Makan Kacang Kenari Setiap Hari Bantu Turunkan Kolesterol Jahat Kata Ahli
·waktu baca 3 menit

Kacang kenari adalah salah satu jenis yang kaya akan nutrisi. Camilan renyah ini kerap dijadikan topping kue ataupun campuran makanan. Tidak mengherankan kalau kenari mampu mengobati beberapa penyakit. Baru-baru ini sebuah studi menemukan fakta menarik dari kacang satu ini, yaitu dapat menurunkan kolesterol jahat, lho.
Kacang yang biasa dikenal dengan sebutan walnut ini adalah sumber lemak, protein, dan serat yang menyehatkan. Kacang kenari juga mengandung vitamin dan mineral yang bermanfaat bagi kesehatan. Tak hanya itu, walnut tinggi akan lemak tak jenuh tunggal, tak jenuh ganda, dan asam lemak omega-3. Serta sumber antioksidan yang baik.
Kombinasi lemak sehat, protein, dan serat dalam kacang kenari membantu meningkatkan kepuasan dan rasa kenyang. Senyawa antioksidannya mampu membantu tubuh melawan dampak radikal bebas. Ini membuat kacang kenari cocok dijadikan camilan sehat setiap hari.

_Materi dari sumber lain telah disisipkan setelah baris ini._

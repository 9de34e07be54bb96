//! The work of a shelf on its folder.

ghost use Rattle.std.specs.Prelude.{◌≡◌, IfOk, OnOk, OnErr, None};
ghost use Rattle.std.specs.Io.{ReadsAtMost};
ghost use Rattle.outer_world.specs.Shelves.{Lists};
ghost use Rattle.folder_shelf.specs.Names.{AreFoundIn};

use crate::faults::Fault;
use crate::names::{is_part, put_in_order, whole_name};
use crate::open_file::ReadFile;
use crate::places::place_of;
use crate::stage_file::StageFile;
use crate::unflushed::Unflushed;
use outer_world::FileName;
use std::alloc::Global;
use std::fs::{DirEntry, Files};
use std::{fs, io};

/// A folder with the files of a shelf, each in a folder of its own inside it.
#[derive(Drop)]
pub(crate) struct Folder<R: Files + AllocGlobal + Clone + Drop> {
    rt: R,
    root: String,
    /// The number in the name of this shelf's stage.
    key: u64,
    stage: Option<StageFile<R>>,
    /// The file that was read last.
    open: Option<ReadFile<R::File>>,
    unflushed: Unflushed,
}

impl<R: Files + AllocGlobal + Clone + Drop> Folder<R> {
    pub(crate) fn new(rt: R, root: String, key: u64) -> Self {
        let unflushed = Unflushed::new(rt.alloc());
        Folder {
            rt,
            root,
            key,
            stage: None,
            open: None,
            unflushed,
        }
    }

    pub(crate) fn list(
        &self,
        alloc: Global,
        folder: &str,
        out: &mut Vec<FileName>,
    ) -> Result<(), Fault>
        ensures names { OnOk result (Lists None folder.now out.old.items out.new.items) }
        ensures unlisted { OnErr result (out.new.items ≡ out.old.items) }
    {
        let mut names = self.names_in(alloc, folder)?;
        put_in_order(&mut names);
        out.append(&mut names)?;
        Ok(())
    }

    /// The names of a folder's files, as the system gives them. A folder that is not there has none.
    fn names_in(&self, alloc: Global, folder: &str) -> Result<Vec<FileName>, Fault>
        ensures { IfOk result (λ names. AreFoundIn folder.now names.items) }
    {
        let mut names = Vec::new(alloc);
        if !is_part(folder) {
            return Err(Fault::Failed);
        }
        let path = format!(in alloc; "{}/{folder}", self.root.as_str())?;
        let entries = match fs::read_dir(&self.rt, path.as_str()) {
            Ok(entries) => entries,
            Err(error) if error.kind() == io::ErrorKind::NotFound => return Ok(names),
            Err(error) => return Err(error.into()),
        };
        for entry in entries {
            let entry = entry?;
            if is_file(&self.rt, &entry)? {
                names.push(whole_name(alloc, folder, entry.file_name())?)?;
            }
        }
        Ok(names)
    }

    pub(crate) fn size(&mut self, name: &FileName) -> Result<Option<u64>, Fault> {
        self.open(name)?;
        Ok(self.open.as_ref().map(|file| file.len()))
    }

    pub(crate) fn read_at(
        &mut self,
        name: &FileName,
        at: u64,
        buf: &mut [u8],
    ) -> Result<usize, Fault>
        ensures bound { ReadsAtMost result buf.new }
    {
        if !self.has_open(name) {
            self.open(name)?;
        }
        match &mut self.open {
            Some(file) => Ok(file.read_at(at, buf)?),
            None => Ok(0),
        }
    }

    fn has_open(&self, name: &FileName) -> bool {
        match &self.open {
            Some(file) => file.is_of(name),
            None => false,
        }
    }

    /// Opens a file to be read, where it is there. Its length and its bytes are then those of one file,
    /// also where another process puts a new one in its place.
    fn open(&mut self, name: &FileName) -> Result<(), Fault> {
        self.open = None;
        let place = place_of(self.rt.alloc(), self.root.as_str(), name)?;
        self.open = ReadFile::open(&self.rt, name.clone()?, place.file.as_str())?;
        Ok(())
    }

    pub(crate) fn stage(&mut self, piece: &[u8]) -> Result<(), Fault> {
        let mut stage = self.take_stage()?;
        let answer = stage.add(piece);
        self.stage = Some(stage);
        answer
    }

    /// What is staged, or an empty stage.
    fn take_stage(&mut self) -> Result<StageFile<R>, Fault> {
        match self.stage.take() {
            Some(stage) => Ok(stage),
            None => StageFile::begin(&self.rt, self.root.as_str(), self.key),
        }
    }

    pub(crate) fn unstage(&mut self) {
        self.stage = None;
    }

    pub(crate) fn commit(&mut self, name: &FileName) -> Result<(), Fault> {
        let place = place_of(self.rt.alloc(), self.root.as_str(), name)?;
        self.open = None;
        self.unflushed.flush(&self.rt)?;
        self.unflushed.note(&place.folder)?;
        let stage = self.take_stage()?;
        let put = stage.flush().and_then(|stage| stage.put(&place));
        if put.is_err() {
            return Err(Fault::Failed);
        }
        self.unflushed.flush(&self.rt).map_err(|_| Fault::Failed)
    }

    pub(crate) fn remove(&mut self, name: &FileName) -> Result<(), Fault> {
        let place = place_of(self.rt.alloc(), self.root.as_str(), name)?;
        self.open = None;
        self.unflushed.note(&place.folder)?;
        match fs::remove_file(&self.rt, place.file.as_str()) {
            Err(error) if error.kind() != io::ErrorKind::NotFound => Err(error.into()),
            _ => Ok(()),
        }
    }
}

/// Whether this is a file, and no folder. One that is gone by now is none.
fn is_file<R: Files>(rt: &R, entry: &DirEntry<R, Global>) -> io::Result<bool> {
    match fs::metadata(rt, entry.path()) {
        Ok(found) => Ok(found.is_file()),
        Err(error) if error.kind() == io::ErrorKind::NotFound => Ok(false),
        Err(error) => Err(error),
    }
}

Hal ini semakin dikuatkan dengan hasil penelitian baru yang mengungkapkan bahwa mengonsumsi kenari setiap hari dapat membantu menurunkan kolesterol jahat dalam tubuh. Penelitian yang dilakukan oleh American Heart Association itu sebelumnya juga mencari tahu manfaat kenari dan kacang lainnya yang berpotensi menurunkan risiko sakit jantung dan stroke.
Mengutip Healthy Food, kini mereka menemukan bahwa kenari mampu menurunkan kolesterol lipoprotein (LDL) atau kolesterol jahat, serta mengurangi kemungkinan partikel LDL akan membentuk plak di dinding arteri.
“Partikel LDL datang dalam berbagai ukuran. Penelitian telah menunjukkan bahwa partikel LDL kecil dan padat lebih sering dikaitkan dengan aterosklerosis, plak atau timbunan lemak yang menumpuk di arteri. Studi kami melampaui kadar kolesterol LDL untuk mendapatkan gambaran lengkap tentang semua lipoprotein dan dampak makan kenari setiap hari pada potensinya untuk meningkatkan risiko kardiovaskular, ” ujar Emilio Ros, penulis studi American Heart Association.
Penelitian yang dipublikasikan di jurnal Circulation ini, mengamati kadar kolesterol dan konsentrasi serta ukuran lipoprotein pada 628 orang yang berusia 63 hingga 79 tahun. Setengah dari responden telah makan kenari setiap hari selama dua tahun.
Dari hasil penelitian, para peneliti menemukan sedikit penurunan kadar kolesterol LDL dan Intermediate Density Lipoprotein (IDL) pada sekelompok orang yang telah makan kenari. Diketahui bahwa kolesterol LDL juga merupakan faktor risiko kardiovaskular lipid. Tak hanya itu, seseorang yang mengonsumsi kenari mengalami penurunan 4,3 persen partikel LDL dan 6,1 persen pengurangan jumlah partikel LDL kecil.
Meskipun pengurangannya tidak besar, Dr Ros mengatakan para peserta memiliki kadar kolesterol yang cukup terkontrol, dan menyarankan pengurangan yang lebih besar dapat diamati pada orang yang memiliki kadar kolesterol lebih tinggi.
“Makan segenggam kenari setiap hari adalah cara sederhana untuk meningkatkan kesehatan jantung,” katanya.
Menariknya, meski diharuskan untuk makan kenari dalam jumlah yang banyak setiap hari, para peserta justru terlihat tidak mengalami penambahan berat badan.